:: Working data ::
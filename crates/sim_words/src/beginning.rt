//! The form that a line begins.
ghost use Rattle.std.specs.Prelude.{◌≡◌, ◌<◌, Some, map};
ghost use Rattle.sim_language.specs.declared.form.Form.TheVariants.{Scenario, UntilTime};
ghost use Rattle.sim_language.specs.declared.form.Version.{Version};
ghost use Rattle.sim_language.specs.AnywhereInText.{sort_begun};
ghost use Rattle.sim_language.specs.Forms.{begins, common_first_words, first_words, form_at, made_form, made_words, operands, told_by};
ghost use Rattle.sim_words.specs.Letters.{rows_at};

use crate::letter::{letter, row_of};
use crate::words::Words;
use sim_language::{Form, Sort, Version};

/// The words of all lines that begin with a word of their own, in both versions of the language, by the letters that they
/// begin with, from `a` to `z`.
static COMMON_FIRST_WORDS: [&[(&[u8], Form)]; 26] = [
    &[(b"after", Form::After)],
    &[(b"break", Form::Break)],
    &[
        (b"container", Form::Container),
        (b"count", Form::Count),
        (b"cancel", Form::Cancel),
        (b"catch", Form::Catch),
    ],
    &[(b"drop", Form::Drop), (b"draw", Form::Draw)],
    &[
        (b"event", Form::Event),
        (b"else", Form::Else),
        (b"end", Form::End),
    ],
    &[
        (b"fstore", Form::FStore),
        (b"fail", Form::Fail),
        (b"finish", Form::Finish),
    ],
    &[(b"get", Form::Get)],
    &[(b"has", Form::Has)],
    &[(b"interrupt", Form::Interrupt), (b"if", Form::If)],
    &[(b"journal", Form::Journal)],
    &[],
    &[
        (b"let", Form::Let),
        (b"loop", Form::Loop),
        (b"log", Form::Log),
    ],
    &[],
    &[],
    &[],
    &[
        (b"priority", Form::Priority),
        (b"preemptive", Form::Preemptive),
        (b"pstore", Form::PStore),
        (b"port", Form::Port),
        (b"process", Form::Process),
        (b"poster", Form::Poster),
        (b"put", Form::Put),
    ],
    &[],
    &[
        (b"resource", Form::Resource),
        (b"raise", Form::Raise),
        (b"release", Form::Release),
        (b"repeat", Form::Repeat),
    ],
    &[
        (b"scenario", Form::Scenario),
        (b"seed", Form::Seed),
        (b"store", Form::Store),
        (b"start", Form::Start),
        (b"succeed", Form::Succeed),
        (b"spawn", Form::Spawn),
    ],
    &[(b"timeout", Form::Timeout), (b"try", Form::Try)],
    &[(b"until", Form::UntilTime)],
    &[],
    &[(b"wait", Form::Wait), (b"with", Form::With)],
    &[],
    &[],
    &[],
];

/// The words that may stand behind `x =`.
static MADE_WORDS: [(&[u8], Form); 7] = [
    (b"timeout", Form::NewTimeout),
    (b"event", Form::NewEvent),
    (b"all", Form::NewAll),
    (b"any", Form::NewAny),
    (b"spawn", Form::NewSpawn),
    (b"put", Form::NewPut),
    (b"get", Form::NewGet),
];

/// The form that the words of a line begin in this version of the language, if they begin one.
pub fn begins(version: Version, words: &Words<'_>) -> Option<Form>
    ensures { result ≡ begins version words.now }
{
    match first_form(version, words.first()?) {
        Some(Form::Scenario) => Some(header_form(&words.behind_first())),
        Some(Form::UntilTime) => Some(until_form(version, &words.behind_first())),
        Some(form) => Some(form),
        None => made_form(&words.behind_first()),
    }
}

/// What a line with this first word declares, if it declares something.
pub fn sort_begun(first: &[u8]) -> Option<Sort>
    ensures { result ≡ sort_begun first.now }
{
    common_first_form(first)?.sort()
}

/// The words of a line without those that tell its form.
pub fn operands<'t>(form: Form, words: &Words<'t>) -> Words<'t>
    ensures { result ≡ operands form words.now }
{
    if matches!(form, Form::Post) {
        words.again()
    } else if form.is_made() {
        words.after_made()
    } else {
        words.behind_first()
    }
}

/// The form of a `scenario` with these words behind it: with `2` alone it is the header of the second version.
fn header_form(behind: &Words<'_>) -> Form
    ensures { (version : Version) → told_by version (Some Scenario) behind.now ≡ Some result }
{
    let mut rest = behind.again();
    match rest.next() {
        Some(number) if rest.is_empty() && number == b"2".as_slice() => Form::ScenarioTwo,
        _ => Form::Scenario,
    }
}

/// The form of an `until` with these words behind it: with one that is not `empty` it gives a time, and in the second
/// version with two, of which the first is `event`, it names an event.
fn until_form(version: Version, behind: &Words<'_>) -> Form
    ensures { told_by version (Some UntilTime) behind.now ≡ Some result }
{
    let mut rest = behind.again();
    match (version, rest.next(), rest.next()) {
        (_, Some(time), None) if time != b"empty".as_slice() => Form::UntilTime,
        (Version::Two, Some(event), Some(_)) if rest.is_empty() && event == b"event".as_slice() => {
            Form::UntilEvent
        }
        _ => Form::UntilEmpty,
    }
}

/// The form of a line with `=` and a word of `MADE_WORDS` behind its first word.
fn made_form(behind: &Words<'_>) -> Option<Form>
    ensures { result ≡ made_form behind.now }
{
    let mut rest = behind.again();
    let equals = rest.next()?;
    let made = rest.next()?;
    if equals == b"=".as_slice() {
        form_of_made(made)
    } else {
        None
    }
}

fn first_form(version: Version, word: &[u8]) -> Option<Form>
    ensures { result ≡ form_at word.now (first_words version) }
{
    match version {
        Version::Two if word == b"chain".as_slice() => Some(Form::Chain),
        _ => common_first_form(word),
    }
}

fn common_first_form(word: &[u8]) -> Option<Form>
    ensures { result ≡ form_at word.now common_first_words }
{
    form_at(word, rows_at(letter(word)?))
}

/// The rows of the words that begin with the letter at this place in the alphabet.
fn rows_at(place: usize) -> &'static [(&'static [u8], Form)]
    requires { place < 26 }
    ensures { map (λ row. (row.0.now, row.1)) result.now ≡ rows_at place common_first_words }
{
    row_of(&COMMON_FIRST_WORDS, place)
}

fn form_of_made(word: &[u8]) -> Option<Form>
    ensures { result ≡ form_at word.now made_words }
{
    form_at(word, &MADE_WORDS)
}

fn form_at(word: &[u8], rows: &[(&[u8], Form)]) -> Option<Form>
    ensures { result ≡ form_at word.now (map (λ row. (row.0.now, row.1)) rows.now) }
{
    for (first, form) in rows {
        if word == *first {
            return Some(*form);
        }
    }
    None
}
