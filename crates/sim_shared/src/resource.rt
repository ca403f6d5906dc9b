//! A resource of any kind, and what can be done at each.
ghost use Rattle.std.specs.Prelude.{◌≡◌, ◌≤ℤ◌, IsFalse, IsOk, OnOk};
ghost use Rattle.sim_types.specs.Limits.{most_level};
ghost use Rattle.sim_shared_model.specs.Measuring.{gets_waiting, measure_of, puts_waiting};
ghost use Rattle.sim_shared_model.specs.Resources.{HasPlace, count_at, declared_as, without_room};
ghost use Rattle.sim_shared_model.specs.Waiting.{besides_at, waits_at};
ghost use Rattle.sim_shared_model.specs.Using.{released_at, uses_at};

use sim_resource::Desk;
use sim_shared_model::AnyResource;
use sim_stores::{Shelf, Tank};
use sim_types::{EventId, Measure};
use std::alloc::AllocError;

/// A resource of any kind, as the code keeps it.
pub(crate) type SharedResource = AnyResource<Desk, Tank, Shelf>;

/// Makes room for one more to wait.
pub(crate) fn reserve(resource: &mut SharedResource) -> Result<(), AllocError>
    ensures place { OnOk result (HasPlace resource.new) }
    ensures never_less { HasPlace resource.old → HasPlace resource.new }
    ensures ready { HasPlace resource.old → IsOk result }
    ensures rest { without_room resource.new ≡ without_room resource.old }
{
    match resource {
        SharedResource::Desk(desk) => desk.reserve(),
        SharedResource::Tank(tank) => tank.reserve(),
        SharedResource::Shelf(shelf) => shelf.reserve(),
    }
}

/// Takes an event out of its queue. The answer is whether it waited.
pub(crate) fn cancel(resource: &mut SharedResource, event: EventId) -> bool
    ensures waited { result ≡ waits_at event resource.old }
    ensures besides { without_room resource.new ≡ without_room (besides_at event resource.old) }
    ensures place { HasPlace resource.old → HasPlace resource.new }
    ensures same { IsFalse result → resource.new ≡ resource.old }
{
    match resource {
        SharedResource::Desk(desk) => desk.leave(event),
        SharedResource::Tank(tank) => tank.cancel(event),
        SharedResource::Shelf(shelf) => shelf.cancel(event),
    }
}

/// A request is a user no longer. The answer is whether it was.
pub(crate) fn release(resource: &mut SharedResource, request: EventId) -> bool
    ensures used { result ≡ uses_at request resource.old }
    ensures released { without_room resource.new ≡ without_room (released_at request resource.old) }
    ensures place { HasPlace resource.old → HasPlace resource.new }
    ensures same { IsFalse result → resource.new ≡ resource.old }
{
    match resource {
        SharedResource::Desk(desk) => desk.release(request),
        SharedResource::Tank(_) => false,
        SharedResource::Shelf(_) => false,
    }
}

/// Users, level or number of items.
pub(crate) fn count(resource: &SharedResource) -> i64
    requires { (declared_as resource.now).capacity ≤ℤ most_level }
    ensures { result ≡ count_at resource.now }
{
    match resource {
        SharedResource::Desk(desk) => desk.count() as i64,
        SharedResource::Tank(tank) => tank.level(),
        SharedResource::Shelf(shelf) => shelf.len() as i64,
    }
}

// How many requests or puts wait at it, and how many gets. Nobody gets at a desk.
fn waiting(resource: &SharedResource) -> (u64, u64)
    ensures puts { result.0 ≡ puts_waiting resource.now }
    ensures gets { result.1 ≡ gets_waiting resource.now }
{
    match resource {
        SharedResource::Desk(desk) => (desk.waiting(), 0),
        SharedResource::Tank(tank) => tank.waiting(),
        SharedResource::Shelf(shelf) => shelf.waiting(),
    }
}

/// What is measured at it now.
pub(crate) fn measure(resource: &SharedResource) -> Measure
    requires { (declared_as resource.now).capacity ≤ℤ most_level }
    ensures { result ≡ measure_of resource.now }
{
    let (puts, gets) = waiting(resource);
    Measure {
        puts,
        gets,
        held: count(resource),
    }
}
:::
§ **Aim of the exercise**:
Scan the listing above, and wherever a line holds the string "waited", copy that line.

§ **Answer space**:
/// Takes an event out of its queue. The answer is whether it waited.
    ensures waited { result ≡ waits_at event resource.old }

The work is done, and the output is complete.